* _Work request_
Show the lines below that contain the string "want".

* _Material provided_
//! Runs in lists of the well-known ids and in a list of a thousand ids.

use crate::expecting::{expect, expect_text};
use crate::well_known::{BLOB, BLOB_256_ID, BLOB_ID, TREE_256_ID, TREE_ID};
use gix_hash::{Kind, ObjectId, Prefix};
use id_lookup::{Probes, Run, SortedIds, lookup};
use std::process::Abort;

// The ids of the empty blobs and trees, in order.
fn well_known() -> [ObjectId; 4] {
    [
        Kind::Sha256.empty_blob(),
        Kind::Sha1.empty_tree(),
        Kind::Sha256.empty_tree(),
        Kind::Sha1.empty_blob(),
    ]
}

/// The SHA-1 ids whose first four digits are the numbers below a thousand, each followed by zeros.
pub fn thousand() -> [ObjectId; 1000] {
    let mut ids = [ObjectId::Sha1([0; 20]); 1000];
    for number in 0..1000 {
        let mut digest = [0; 20];
        digest[0] = (number / 256) as u8;
        digest[1] = (number % 256) as u8;
        ids[number] = ObjectId::Sha1(digest);
    }
    ids
}

// The run that a look-up gives, by at most `most` asks, and that is found without probes.
fn expect_run(rt: &impl Abort, list: &SortedIds<'_>, prefix: &Prefix, want: Run, most: u64) {
    assert!(rt; prefix.hex_len() <= list.min_hex_len());
    let mut probes = Probes::new(list, *prefix);
    expect!(rt; lookup(&mut probes) == want, prefix);
    expect!(rt; list.find(prefix) == want, prefix);
    expect!(rt; probes.asked() <= most, prefix);
}

/// The prefix of these digits. No digits make the prefix of all ids.
pub fn prefix_of(rt: &impl Abort, digits: &str) -> Prefix {
    match digits {
        "" => Kind::Sha1.null().to_prefix(0..0),
        _ => Prefix::from_hex_nonempty(digits).expect(rt, "digits that are no prefix"),
    }
}

// Rows of digits and runs, by at most `most` asks.
fn expect_runs(rt: &impl Abort, ids: &[ObjectId], most: u64, rows: &[(&str, usize, usize)]) {
    let list = SortedIds::try_new(ids).expect(rt, "ids out of order");
    for &(digits, start, end) in rows {
        expect_run(rt, &list, &prefix_of(rt, digits), Run { start, end }, most);
    }
}

#[test]
fn empty_list(rt: HostRuntime) {
    let list: SortedIds<'_> = SortedIds::try_new(&[]).expect(&rt, "ids out of order");
    expect!(&rt; (list.min_hex_len(), list.len()) == (64, 0));
    expect_runs(&rt, &[], 0, &[("e69d", 0, 0)]);
}

#[test]
fn well_known_ids(rt: HostRuntime) {
    let ids = well_known();
    let list = SortedIds::try_new(&ids).expect(&rt, "ids out of order");
    assert!(rt; list.len() == 4);
    expect!(&rt; (list.min_hex_len(), *list.get(3)) == (40, BLOB_ID));
}

// By the beginnings of one id, of each number of digits.
#[test]
fn runs_of_one(rt: HostRuntime) {
    for hex_len in 1..=40 {
        let digits = BLOB.get(..hex_len).expect(&rt, "the id has fewer digits");
        expect_runs(&rt, &well_known(), 6, &[(digits, 3, 4)]);
    }
}

#[test]
fn runs_of_lists(rt: HostRuntime) {
    expect_runs(
        &rt,
        &well_known(),
        6,
        &[
            ("", 0, 4),
            ("4b82", 1, 2),
            ("4", 0, 2),
            ("5", 2, 2),
            ("473a0f", 0, 1),
            ("6ef1", 2, 3),
            ("ffff", 4, 4),
        ],
    );
    expect_runs(&rt, &[BLOB_ID; 5], 6, &[("e69d", 0, 5), ("", 0, 5)]);
    expect_runs(
        &rt,
        &thousand(),
        20,
        &[("0200", 512, 513), ("03", 768, 1000), ("ffff", 1000, 1000)],
    );
}

#[test]
fn not_sorted(rt: HostRuntime) {
    let error = SortedIds::try_new(&[TREE_ID, BLOB_ID, BLOB_256_ID, TREE_256_ID])
        .err()
        .expect(&rt, "it is accepted as sorted");
    expect_text(
        &rt,
        error,
        "the id at position 2 is below the one before it",
    );
}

* _Written solution_
fn expect_run(rt: &impl Abort, list: &SortedIds<'_>, prefix: &Prefix, want: Run, most: u64) {
    expect!(rt; lookup(&mut probes) == want, prefix);
    expect!(rt; list.find(prefix) == want, prefix);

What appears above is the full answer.